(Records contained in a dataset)
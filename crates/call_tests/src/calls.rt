//! Calls over files and sinks in memory.

use command_line::Status;
use demo_kernels::kernel_of;
use edge::{ByteList, FileList, MemShelf, MemSink, NamedFile, Numbers};
use std::alloc::{AllocError, Global};
use std::process::Abort;
use std::test::Fail;
use top_call::balance;

const SHIFT: &str = "#include <stdint.h>\n\
#pragma balance range n 1 1000\n\
void shift(int64_t n, uint64_t A[n]) {\n  \
for (int64_t i = 0; i < n - 1; i++)\n    \
A[i + 1] = A[i] + 1;\n\
}\n";

const OTHER_BOUND: &str = "#include <stdint.h>\n\
#pragma balance range n 1 1000\n\
void shift(int64_t n, uint64_t A[n]) {\n  \
for (int64_t i = 0; i <= n - 2; i++)\n    \
A[i + 1] = A[i] + 1;\n\
}\n";

const WIDE: &str = "#include <stdint.h>\n\
#pragma balance range n 1 1000\n\
void shift(int64_t n, uint64_t A[n]) {\n  \
for (int64_t i = 0; i < n; i++)\n    \
A[i + 1] = A[i] + 1;\n\
}\n";

// The unit of `SHIFT`, spelled otherwise.
const SPELLED: &str = "/* a shift */ # include <stdint.h> // and no more\n\
\t#pragma\tbalance range n 0x1 1000u // of cells\r\n\
void shift(int64_t n, uint64_t A[(n)])\n{\n  \
{;} for (int64_t i = 0uLL; i < n - 1; ++i) {\n    \
{ A[(i) + 1ull] = ((A[i])) + 0X1; }\n  \
}\n\
}\n";

// The printed text of `SHIFT`, as the rules of docs/FORMATS.md give it. It stands in examples/shift.guarded.c too.
const PRINTED: &str = "\
#include <stdint.h>
#include <stdlib.h>
static inline uint64_t umin(uint64_t a, uint64_t b) { return a < b ? a : b; }
static inline uint64_t umax(uint64_t a, uint64_t b) { return a < b ? b : a; }
static inline int64_t bal_min(int64_t a, int64_t b) { return a < b ? a : b; }
static inline int64_t bal_max(int64_t a, int64_t b) { return a < b ? b : a; }
static inline unsigned __int128 bal_wide(uint64_t h, uint64_t l) { return (unsigned __int128)h << 64 | l; }
#pragma balance version 1
#pragma balance range n 1 1000
uint64_t bal_fn_shift(int64_t n, uint64_t A[n]) {
  uint64_t bal_r0 = 0ull;
  uint64_t bal_w = 0ull;
  uint64_t bal_c0 = 0ull;
  uint64_t bal_c1 = 0ull;
  unsigned __int128 bal_k = 0;
  unsigned __int128 bal_def0 = 0;
  unsigned __int128 bal_use0 = 0;
  for (int64_t bal_i0 = 0; bal_i0 < n; bal_i0++) {
    bal_r0 = A[bal_i0];
    bal_c0 = 1ull;
    bal_c1 = 0ull;
    for (int64_t bal_l0 = 0; bal_l0 < n - 1; bal_l0++) {
      if (bal_l0 == bal_i0) {
        bal_c1 += bal_c0;
      }
      if (bal_l0 + 1 == bal_i0) {
        bal_c0 = 0ull;
      }
    }
    bal_k = (unsigned __int128)bal_c1;
    bal_def0 += (unsigned __int128)bal_r0 * bal_k;
  }
#pragma balance begin
  for (int64_t i = 0; i < n - 1; i++) {
    bal_r0 = A[i];
    bal_use0 += (unsigned __int128)bal_r0;
    bal_w = bal_r0 + 1ull;
    A[i + 1] = bal_w;
    bal_c0 = 0ull;
    bal_c1 = 0ull;
    for (int64_t bal_l0 = 0; bal_l0 < n - 1; bal_l0++) {
      if (bal_l0 == i + 1) {
        bal_c1 += bal_c0;
      }
      if (bal_l0 + 1 == i + 1) {
        if (bal_l0 == i) {
          bal_c0 = 1ull;
        } else {
          bal_c0 = 0ull;
        }
      }
    }
    bal_k = (unsigned __int128)bal_c1;
    bal_def0 += (unsigned __int128)bal_w * bal_k;
  }
  return (uint64_t)(bal_def0 != bal_use0) << 0;
}
";

const USAGE: &str =
    "balance: usage: print [--split] SOURCE | run FILE DATA [FLIP] | try SOURCE DATA [FLIP] | report SOURCE | demo NUMBER\n";

// A file with blanks behind its text, up to a length.
#[derive(Clone, Copy)]
struct Source {
    name: &'static str,
    text: &'static str,
    length: usize,
}

// Which load, which write to the output and which to the error stream fails. 0 is none. A write takes at most `most`
// bytes, and the output `room` in all.
#[derive(Clone, Copy)]
struct Failing {
    load: u64,
    write: u64,
    line: u64,
    most: usize,
    room: usize,
}

const NONE: Failing = Failing {
    load: 0,
    write: 0,
    line: 0,
    most: 8,
    room: 99_999,
};

// What a call leaves.
#[derive(Drop)]
struct Left {
    status: Status,
    out: MemSink,
    err: MemSink,
    loads: usize,
}

impl Left {
    // Whether the call left this status, asked for so many files, and wrote these texts to the output and to the error
    // stream.
    fn is(&self, status: Status, loads: usize, out: &str, err: &str) -> bool {
        self.status == status
            && self.loads == loads
            && self.out.bytes.as_slice() == out.as_bytes()
            && self.err.bytes.as_slice() == err.as_bytes()
    }
}

fn words_of(alloc: Global, line: &str) -> Result<Vec<String>, AllocError> {
    let mut words = Vec::new(alloc);
    for word in line.split_whitespace() {
        words.push(String::from_str(alloc, word)?)?;
    }
    Ok(words)
}

fn one_number(alloc: Global, number: u64) -> Result<Numbers, Fail> {
    let mut numbers = Numbers::new(alloc);
    numbers.push(number)?;
    Ok(numbers)
}

fn padded(alloc: Global, source: &Source) -> Result<NamedFile, Fail> {
    let mut bytes = Vec::from_slice(alloc, source.text.as_bytes())?;
    for _ in source.text.len()..source.length {
        bytes.push(b' ')?;
    }
    let name = String::from_str(alloc, source.name)?;
    Ok(NamedFile::new(name, ByteList::new(bytes)))
}

// Calls with these words over a shelf that has these files.
fn called(alloc: Global, files: FileList, line: &str, failing: Failing) -> Result<Left, Fail> {
    let mut shelf = MemShelf::new(alloc, files, one_number(alloc, failing.load)?);
    let mut out = MemSink::new(
        alloc,
        failing.room,
        std::cmp::max(1, failing.most),
        one_number(alloc, failing.write)?,
    )?;
    let mut err = MemSink::new(alloc, 999, 8, one_number(alloc, failing.line)?)?;
    let words = words_of(alloc, line)?;
    let status = balance(alloc, &words, &mut shelf, &mut out, &mut err);
    Ok(Left {
        status,
        out,
        err,
        loads: shelf.asked.len(),
    })
}

fn call(alloc: Global, named: &[Source], line: &str, failing: Failing) -> Result<Left, Fail> {
    let mut files = FileList::new(alloc);
    for file in named {
        files.push(padded(alloc, file)?)?;
    }
    called(alloc, files, line, failing)
}

const SHIFT_FILE: Source = Source {
    name: "shift.c",
    text: SHIFT,
    length: 0,
};

const FULL: Source = Source {
    name: "full.c",
    text: SHIFT,
    length: 262_144,
};

const BIG: Source = Source {
    name: "big.c",
    text: SHIFT,
    length: 262_145,
};

const SPELLED_FILE: Source = Source {
    name: "spelled.c",
    text: SPELLED,
    length: 0,
};

#[test]
fn prints_the_instrumented_text(rt: HostRuntime) -> Result<(), Fail> {
    for (source, line) in [
        (SHIFT_FILE, "print shift.c"),
        (FULL, "print full.c"),
        (SPELLED_FILE, "print spelled.c"),
    ] {
        let left = call(rt.alloc(), &[source], line, NONE)?;
        assert!(rt; left.is(Status::Done, 1, PRINTED, ""), "{line}");
    }
    Ok(())
}

#[test]
fn ends_by_the_table(rt: HostRuntime) -> Result<(), Fail> {
    let other = Source {
        name: "shift.c",
        text: SCATTER,
        length: 0,
    };
    let load = Failing { load: 1, ..NONE };
    let write = Failing { write: 3, ..NONE };
    let err = Failing { line: 1, ..NONE };
    for (source, line, failing, status, loads, out, told) in [
        (
            other,
            "print shift.c",
            NONE,
            Status::SourceRefused,
            1,
            "",
            "balance: shift.c: S17 IrregularWrite in item 2\n",
        ),
        (
            SHIFT_FILE,
            "print none.c",
            NONE,
            Status::ReadFault,
            1,
            "",
            "balance: cannot read none.c\n",
        ),
        (
            SHIFT_FILE,
            "print shift.c",
            load,
            Status::ReadFault,
            1,
            "",
            "balance: cannot read shift.c\n",
        ),
        (SHIFT_FILE, "print", NONE, Status::Usage, 0, "", USAGE),
        (SHIFT_FILE, "", NONE, Status::Usage, 0, "", USAGE),
        (
            SHIFT_FILE,
            "print -shift.c",
            NONE,
            Status::Usage,
            0,
            "",
            USAGE,
        ),
        (SHIFT_FILE, "fly shift.c", NONE, Status::Usage, 0, "", USAGE),
        (
            SHIFT_FILE,
            "print shift.c shift.c",
            NONE,
            Status::Usage,
            0,
            "",
            USAGE,
        ),
        (SHIFT_FILE, "run shift.c", NONE, Status::Usage, 0, "", USAGE),
        (
            SHIFT_FILE,
            "print --split --split shift.c",
            NONE,
            Status::Usage,
            0,
            "",
            USAGE,
        ),
        (SHIFT_FILE, "demo", NONE, Status::Usage, 0, "", USAGE),
        (SHIFT_FILE, "demo 400", NONE, Status::Usage, 0, "", USAGE),
        (SHIFT_FILE, "demo 000000", NONE, Status::Usage, 0, "", USAGE),
        (SHIFT_FILE, "demo 1 2", NONE, Status::Usage, 0, "", USAGE),
        (SHIFT_FILE, "try", NONE, Status::Usage, 0, "", USAGE),
        (
            SHIFT_FILE,
            "try shift.c -",
            NONE,
            Status::Usage,
            0,
            "",
            USAGE,
        ),
        (SHIFT_FILE, "run -s d1", NONE, Status::Usage, 0, "", USAGE),
        (
            SHIFT_FILE,
            "fly shift.c d1",
            NONE,
            Status::Usage,
            0,
            "",
            USAGE,
        ),
        (
            SHIFT_FILE,
            "try shift.c d1 f1 f2",
            NONE,
            Status::Usage,
            0,
            "",
            USAGE,
        ),
        (
            SHIFT_FILE,
            "run none.c d1",
            NONE,
            Status::ReadFault,
            1,
            "",
            "balance: cannot read none.c\n",
        ),
        (
            SHIFT_FILE,
            "try shift.c d1",
            NONE,
            Status::ReadFault,
            2,
            "",
            "balance: cannot read d1\n",
        ),
        (
            other,
            "try shift.c d1",
            NONE,
            Status::SourceRefused,
            1,
            "",
            "balance: shift.c: S17 IrregularWrite in item 2\n",
        ),
        (
            BIG,
            "print big.c",
            NONE,
            Status::TooLong,
            1,
            "",
            "balance: big.c is longer than 262144 bytes\n",
        ),
        (
            SHIFT_FILE,
            "print shift.c",
            write,
            Status::WriteFault,
            1,
            "#include <stdint",
            "balance: cannot write\n",
        ),
        (
            SHIFT_FILE,
            "print none.c",
            err,
            Status::ReadFault,
            1,
            "",
            "",
        ),
    ] {
        let left = call(rt.alloc(), &[source], line, failing)?;
        assert!(rt; left.is(status, loads, out, told), "{line}");
    }
    Ok(())
}
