//! A search for a substring. For texts of up to 60 bytes it is faster than `str::contains`.
ghost use Rattle.std.specs.Prelude.{◌≡◌, ◌↔◌, ◌+◌, ◌-◌, ◌<◌, ◌≤◌, ℕ, IsTrue, length, slice_index};
ghost use Rattle.std.specs.{Int.bit_at, Str.Iter.HasSubslice};
ghost use Rattle.filterset_matchers.specs.Substring.{StandsAt};

use std::simd::prelude::*;

/// Returns whether the text contains the needle.
pub(super) fn contains(text: &str, needle: &str) -> bool
    ensures { IsTrue result ↔ HasSubslice text.now needle.now }
{
    let text = text.as_bytes();
    let needle = needle.as_bytes();
    if needle.is_empty() {
        return true;
    }
    if text.len() < needle.len() {
        return false;
    }
    let positions = text.len() - needle.len() + 1;
    let ends = (needle[0], needle[needle.len() - 1]);
    let mut from = 0;
    while from < positions {
        let to = positions.min(from + 16);
        let (first, end) = narrow(text, needle, ends, from, to);
        if first < end && occurs_between(text, needle, first, end) {
            return true;
        }
        from = to;
    }
    false
}

/// Returns whether the needle occurs at a position from `from` on and before `to`.
#[inline(never)]
fn occurs_between(text: &[u8], needle: &[u8], from: usize, to: usize) -> bool
    requires some { 0 < length needle.now }
    requires within { to + length needle.now ≤ length text.now + 1 }
    ensures { IsTrue result ↔ ((k : ℕ) × (from ≤ k) × (k < to) × StandsAt text.now needle.now k) }
{
    for position in from..to {
        if occurs_at(text, needle, position) {
            return true;
        }
    }
    false
}

/// Returns whether the needle occurs at this position.
#[inline(always)]
fn occurs_at(text: &[u8], needle: &[u8], position: usize) -> bool
    requires some { 0 < length needle.now }
    requires within { position + length needle.now ≤ length text.now }
    ensures { IsTrue result ↔ StandsAt text.now needle.now position }
{
    text[position] == needle[0] && &text[position..position + needle.len()] == needle
}

/// Narrows the up to 16 positions from `from` to `to` to those between the first and the last at which the needle may
/// occur: the text there has the needle's first and last byte, `ends`. If `to` is below 16, it returns all of them.
///
/// The caller reads `ends` before its loop: the compiler does not move a read out of a loop if some iterations skip it.
#[inline(always)]
fn narrow(text: &[u8], needle: &[u8], ends: (u8, u8), from: usize, to: usize) -> (usize, usize)
    requires some { 0 < length needle.now }
    requires within { to + length needle.now ≤ length text.now + 1 }
    requires ends { (ends.0 ≡ slice_index needle.now 0) × (ends.1 ≡ slice_index needle.now (length needle.now - 1)) }
    ensures end { result.1 ≤ to }
    ensures each { (k : ℕ) → from ≤ k → k < to → to ≤ k + 16 → StandsAt text.now needle.now k
        → (result.0 ≤ k) × (k < result.1) }
{
    if to < 16 {
        return (from, to);
    }
    let start = to - 16;
    let begun = find_equal(&text[start..], ends.0);
    let ended = find_equal(&text[start + (needle.len() - 1)..], ends.1);
    let both = begun & ended;
    if both == 0 {
        return (to, to);
    }
    let first = start + both.trailing_zeros() as usize;
    let end = start + (64 - both.leading_zeros()) as usize;
    (first, end.min(to))
}

/// Finds the bytes among the first 16 that are equal to this one, the lowest bit for the first.
#[inline(always)]
fn find_equal(bytes: &[u8], byte: u8) -> u64
    requires { 16 ≤ length bytes.now }
    ensures { (k : ℕ) → k < 16 → (bit_at result k ≡ 1) ↔ (slice_index bytes.now k ≡ byte) }
{
    u8x16::from_slice(bytes)
        .simd_eq(u8x16::splat(byte))
        .to_bitmask()
}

__REQUIRED ACTION__: Copy out each line of the data containing the string "push".

__RESPONSE BELOW__:
        words.push(String::from_str(alloc, word)?)?;
    numbers.push(number)?;
        bytes.push(b' ')?;
        files.push(padded(alloc, file)?)?;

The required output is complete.